*** Opening of Given data ***
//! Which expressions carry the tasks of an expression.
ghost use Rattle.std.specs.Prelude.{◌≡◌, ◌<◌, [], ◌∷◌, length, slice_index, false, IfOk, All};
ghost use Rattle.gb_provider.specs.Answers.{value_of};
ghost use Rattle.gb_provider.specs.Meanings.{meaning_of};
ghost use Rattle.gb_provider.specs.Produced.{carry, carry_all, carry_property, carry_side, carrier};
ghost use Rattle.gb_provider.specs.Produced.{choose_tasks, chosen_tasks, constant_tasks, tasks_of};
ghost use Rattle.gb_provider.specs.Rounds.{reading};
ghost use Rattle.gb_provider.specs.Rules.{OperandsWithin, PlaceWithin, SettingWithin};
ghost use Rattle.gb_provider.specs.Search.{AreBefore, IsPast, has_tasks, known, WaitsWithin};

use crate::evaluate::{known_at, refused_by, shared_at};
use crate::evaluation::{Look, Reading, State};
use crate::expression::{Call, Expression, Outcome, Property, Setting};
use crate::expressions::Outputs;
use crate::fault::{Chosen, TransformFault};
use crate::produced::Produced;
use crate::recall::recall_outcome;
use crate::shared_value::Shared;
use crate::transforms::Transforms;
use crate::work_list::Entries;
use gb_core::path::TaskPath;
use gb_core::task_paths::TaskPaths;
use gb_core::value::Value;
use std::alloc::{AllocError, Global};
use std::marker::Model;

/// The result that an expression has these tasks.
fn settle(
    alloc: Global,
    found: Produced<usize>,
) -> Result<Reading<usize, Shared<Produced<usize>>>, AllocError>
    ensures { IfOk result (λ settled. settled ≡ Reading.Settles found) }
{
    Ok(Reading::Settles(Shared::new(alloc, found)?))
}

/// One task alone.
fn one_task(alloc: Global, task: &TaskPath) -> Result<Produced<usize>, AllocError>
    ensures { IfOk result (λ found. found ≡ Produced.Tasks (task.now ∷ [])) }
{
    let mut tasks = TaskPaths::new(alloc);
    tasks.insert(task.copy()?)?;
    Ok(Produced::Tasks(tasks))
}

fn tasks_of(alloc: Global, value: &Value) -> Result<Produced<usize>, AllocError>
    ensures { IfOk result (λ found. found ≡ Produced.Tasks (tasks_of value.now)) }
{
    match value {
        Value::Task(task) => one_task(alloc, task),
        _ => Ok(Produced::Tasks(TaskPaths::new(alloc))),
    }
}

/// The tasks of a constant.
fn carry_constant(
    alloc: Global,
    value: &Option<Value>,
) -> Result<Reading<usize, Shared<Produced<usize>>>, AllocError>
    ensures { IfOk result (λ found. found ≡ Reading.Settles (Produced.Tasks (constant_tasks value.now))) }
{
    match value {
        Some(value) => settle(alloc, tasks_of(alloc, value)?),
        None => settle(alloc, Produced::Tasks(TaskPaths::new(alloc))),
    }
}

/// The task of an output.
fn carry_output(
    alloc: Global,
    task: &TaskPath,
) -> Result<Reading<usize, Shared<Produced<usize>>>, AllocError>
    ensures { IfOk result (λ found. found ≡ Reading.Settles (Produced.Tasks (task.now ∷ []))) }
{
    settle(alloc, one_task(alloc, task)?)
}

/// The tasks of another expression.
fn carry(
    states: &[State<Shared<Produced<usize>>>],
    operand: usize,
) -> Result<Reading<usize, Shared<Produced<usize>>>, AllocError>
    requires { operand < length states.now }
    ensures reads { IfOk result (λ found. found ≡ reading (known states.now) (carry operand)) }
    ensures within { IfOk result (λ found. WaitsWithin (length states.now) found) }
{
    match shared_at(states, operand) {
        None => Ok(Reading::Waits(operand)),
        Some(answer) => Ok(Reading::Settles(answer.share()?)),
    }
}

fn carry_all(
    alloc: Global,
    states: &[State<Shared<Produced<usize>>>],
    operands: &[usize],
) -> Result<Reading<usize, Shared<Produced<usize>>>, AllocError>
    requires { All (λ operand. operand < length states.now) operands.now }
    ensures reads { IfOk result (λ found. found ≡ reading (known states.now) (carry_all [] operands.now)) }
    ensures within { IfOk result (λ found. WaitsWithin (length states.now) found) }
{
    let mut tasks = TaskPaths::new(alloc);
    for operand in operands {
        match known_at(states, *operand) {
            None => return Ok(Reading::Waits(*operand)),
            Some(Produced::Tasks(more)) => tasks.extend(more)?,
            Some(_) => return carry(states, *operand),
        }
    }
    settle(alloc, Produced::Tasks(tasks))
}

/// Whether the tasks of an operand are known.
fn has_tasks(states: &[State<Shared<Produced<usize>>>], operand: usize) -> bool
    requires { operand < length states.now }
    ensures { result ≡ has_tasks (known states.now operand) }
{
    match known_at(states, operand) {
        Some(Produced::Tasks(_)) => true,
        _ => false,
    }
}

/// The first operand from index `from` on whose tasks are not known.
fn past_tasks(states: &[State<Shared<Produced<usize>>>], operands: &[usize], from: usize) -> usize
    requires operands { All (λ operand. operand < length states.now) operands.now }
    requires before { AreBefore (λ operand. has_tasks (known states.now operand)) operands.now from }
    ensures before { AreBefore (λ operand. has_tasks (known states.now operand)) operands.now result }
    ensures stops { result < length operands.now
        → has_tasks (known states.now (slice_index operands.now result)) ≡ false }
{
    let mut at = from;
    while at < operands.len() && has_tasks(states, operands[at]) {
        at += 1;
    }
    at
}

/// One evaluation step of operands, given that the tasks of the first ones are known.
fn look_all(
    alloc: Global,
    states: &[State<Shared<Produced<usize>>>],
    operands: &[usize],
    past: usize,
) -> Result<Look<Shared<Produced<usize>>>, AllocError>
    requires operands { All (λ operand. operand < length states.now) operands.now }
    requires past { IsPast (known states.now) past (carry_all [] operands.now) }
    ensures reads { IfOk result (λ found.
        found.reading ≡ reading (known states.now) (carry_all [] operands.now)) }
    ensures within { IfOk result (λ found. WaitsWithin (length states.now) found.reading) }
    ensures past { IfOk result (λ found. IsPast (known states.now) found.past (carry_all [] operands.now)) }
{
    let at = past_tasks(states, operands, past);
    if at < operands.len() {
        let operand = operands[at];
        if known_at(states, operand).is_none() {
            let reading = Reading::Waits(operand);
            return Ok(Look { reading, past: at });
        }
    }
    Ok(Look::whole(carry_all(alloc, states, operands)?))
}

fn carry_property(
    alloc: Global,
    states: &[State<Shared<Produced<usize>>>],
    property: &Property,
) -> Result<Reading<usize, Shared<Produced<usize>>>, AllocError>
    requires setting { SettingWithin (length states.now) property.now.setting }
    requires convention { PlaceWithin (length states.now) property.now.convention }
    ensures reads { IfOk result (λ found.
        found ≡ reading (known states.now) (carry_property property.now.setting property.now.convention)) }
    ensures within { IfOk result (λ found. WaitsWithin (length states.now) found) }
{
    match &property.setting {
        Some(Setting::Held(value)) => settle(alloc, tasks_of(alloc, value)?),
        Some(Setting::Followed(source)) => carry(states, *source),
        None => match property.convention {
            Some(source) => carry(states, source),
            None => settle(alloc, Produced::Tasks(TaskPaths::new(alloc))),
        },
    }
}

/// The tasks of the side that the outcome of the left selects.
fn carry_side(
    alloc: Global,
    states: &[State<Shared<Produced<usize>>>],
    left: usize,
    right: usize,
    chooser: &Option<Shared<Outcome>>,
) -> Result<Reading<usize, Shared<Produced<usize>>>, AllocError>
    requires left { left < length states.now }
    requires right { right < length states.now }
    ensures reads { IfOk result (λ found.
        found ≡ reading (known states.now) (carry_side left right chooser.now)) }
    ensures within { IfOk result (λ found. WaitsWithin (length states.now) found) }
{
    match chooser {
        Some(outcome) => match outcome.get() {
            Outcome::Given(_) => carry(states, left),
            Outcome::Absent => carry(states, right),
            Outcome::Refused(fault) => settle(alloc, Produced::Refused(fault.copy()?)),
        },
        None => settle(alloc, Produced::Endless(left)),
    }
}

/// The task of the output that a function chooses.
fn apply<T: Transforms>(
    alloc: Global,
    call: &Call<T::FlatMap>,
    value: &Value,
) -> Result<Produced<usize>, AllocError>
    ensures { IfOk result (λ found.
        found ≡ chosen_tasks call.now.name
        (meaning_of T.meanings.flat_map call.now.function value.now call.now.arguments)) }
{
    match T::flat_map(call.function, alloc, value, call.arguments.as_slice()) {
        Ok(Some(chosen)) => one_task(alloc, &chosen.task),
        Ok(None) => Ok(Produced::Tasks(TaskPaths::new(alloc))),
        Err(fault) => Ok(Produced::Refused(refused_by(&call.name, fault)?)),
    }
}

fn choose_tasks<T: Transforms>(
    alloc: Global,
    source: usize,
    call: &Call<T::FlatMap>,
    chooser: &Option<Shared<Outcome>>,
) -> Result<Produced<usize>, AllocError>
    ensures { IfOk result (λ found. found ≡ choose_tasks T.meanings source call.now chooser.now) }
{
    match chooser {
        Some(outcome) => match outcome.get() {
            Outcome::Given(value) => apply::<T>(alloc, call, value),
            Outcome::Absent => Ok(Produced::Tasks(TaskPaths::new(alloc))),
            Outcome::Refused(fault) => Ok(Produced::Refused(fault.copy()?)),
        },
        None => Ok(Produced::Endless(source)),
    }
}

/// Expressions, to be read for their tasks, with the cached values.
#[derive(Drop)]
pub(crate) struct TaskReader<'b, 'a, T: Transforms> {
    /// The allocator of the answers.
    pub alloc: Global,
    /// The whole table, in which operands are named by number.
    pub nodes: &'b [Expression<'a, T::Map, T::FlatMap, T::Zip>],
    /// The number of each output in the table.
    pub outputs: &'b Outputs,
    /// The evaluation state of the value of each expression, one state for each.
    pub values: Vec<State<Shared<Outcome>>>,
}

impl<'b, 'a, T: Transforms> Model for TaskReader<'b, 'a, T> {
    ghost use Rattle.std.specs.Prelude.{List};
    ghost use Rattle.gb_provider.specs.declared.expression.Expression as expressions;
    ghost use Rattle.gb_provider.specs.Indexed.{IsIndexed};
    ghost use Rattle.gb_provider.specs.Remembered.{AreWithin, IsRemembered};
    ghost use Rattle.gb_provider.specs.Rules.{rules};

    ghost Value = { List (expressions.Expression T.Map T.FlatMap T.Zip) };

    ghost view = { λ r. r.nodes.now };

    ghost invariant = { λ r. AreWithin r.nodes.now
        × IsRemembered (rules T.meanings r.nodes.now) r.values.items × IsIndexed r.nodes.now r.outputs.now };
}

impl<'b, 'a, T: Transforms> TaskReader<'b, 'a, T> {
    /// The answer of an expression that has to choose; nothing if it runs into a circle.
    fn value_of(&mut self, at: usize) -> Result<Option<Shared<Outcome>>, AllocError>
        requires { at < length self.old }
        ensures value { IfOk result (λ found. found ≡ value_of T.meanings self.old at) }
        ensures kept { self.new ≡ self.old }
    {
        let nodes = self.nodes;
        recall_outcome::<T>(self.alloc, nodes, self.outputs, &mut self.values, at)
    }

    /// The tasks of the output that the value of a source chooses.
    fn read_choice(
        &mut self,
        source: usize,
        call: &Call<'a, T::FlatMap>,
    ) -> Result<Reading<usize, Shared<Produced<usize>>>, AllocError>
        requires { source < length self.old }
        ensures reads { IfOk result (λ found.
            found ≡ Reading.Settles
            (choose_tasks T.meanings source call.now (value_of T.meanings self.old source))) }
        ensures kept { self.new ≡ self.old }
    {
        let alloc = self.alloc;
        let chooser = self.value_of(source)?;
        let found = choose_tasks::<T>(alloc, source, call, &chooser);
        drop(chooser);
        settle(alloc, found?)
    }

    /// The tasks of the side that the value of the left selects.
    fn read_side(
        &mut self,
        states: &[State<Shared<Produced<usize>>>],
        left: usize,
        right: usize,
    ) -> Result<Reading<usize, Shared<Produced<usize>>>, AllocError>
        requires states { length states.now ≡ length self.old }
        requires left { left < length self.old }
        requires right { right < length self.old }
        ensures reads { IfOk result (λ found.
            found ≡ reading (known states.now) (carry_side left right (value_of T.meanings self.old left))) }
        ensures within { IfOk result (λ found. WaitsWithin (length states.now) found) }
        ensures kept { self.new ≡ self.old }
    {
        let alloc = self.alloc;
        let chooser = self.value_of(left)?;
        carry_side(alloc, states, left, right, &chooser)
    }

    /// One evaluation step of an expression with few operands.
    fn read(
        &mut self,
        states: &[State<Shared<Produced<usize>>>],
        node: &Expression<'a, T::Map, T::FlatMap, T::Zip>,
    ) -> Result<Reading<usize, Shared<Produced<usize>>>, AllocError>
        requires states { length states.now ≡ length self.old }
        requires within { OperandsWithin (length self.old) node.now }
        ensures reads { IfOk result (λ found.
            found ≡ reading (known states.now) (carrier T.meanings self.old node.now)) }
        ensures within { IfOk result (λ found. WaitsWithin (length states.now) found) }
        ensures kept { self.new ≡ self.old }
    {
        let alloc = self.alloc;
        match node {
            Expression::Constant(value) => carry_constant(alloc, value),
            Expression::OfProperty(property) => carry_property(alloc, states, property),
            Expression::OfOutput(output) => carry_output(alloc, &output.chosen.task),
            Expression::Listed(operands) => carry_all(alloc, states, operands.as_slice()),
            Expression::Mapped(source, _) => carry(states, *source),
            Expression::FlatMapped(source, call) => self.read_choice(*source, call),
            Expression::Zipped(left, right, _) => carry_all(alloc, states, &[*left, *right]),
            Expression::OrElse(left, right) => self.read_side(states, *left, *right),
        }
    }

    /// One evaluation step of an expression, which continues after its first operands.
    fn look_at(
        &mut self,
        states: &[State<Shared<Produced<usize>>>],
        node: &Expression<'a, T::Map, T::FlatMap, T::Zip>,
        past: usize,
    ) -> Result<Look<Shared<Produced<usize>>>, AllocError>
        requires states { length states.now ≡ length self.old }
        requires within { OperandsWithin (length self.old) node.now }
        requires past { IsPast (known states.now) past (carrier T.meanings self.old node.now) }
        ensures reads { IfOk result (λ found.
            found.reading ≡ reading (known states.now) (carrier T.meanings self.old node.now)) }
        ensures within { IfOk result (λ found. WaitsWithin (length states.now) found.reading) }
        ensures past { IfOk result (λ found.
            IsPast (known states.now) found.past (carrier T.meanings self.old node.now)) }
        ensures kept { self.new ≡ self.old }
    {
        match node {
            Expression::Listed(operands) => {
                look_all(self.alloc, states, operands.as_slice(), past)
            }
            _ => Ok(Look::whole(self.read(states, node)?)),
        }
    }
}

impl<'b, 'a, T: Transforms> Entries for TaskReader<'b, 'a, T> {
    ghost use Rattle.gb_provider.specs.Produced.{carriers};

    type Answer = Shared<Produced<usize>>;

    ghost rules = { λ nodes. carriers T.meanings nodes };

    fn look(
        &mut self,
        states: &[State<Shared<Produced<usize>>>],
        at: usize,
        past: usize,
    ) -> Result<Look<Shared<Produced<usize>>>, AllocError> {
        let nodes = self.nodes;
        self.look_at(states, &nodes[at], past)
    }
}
*** Close of Given data ***
_What is being asked:_ Apply a filter to the listing above so that only lines with "selects" are kept, and copy those lines.

_Answer space:_
/// The tasks of the side that the outcome of the left selects.
    /// The tasks of the side that the value of the left selects.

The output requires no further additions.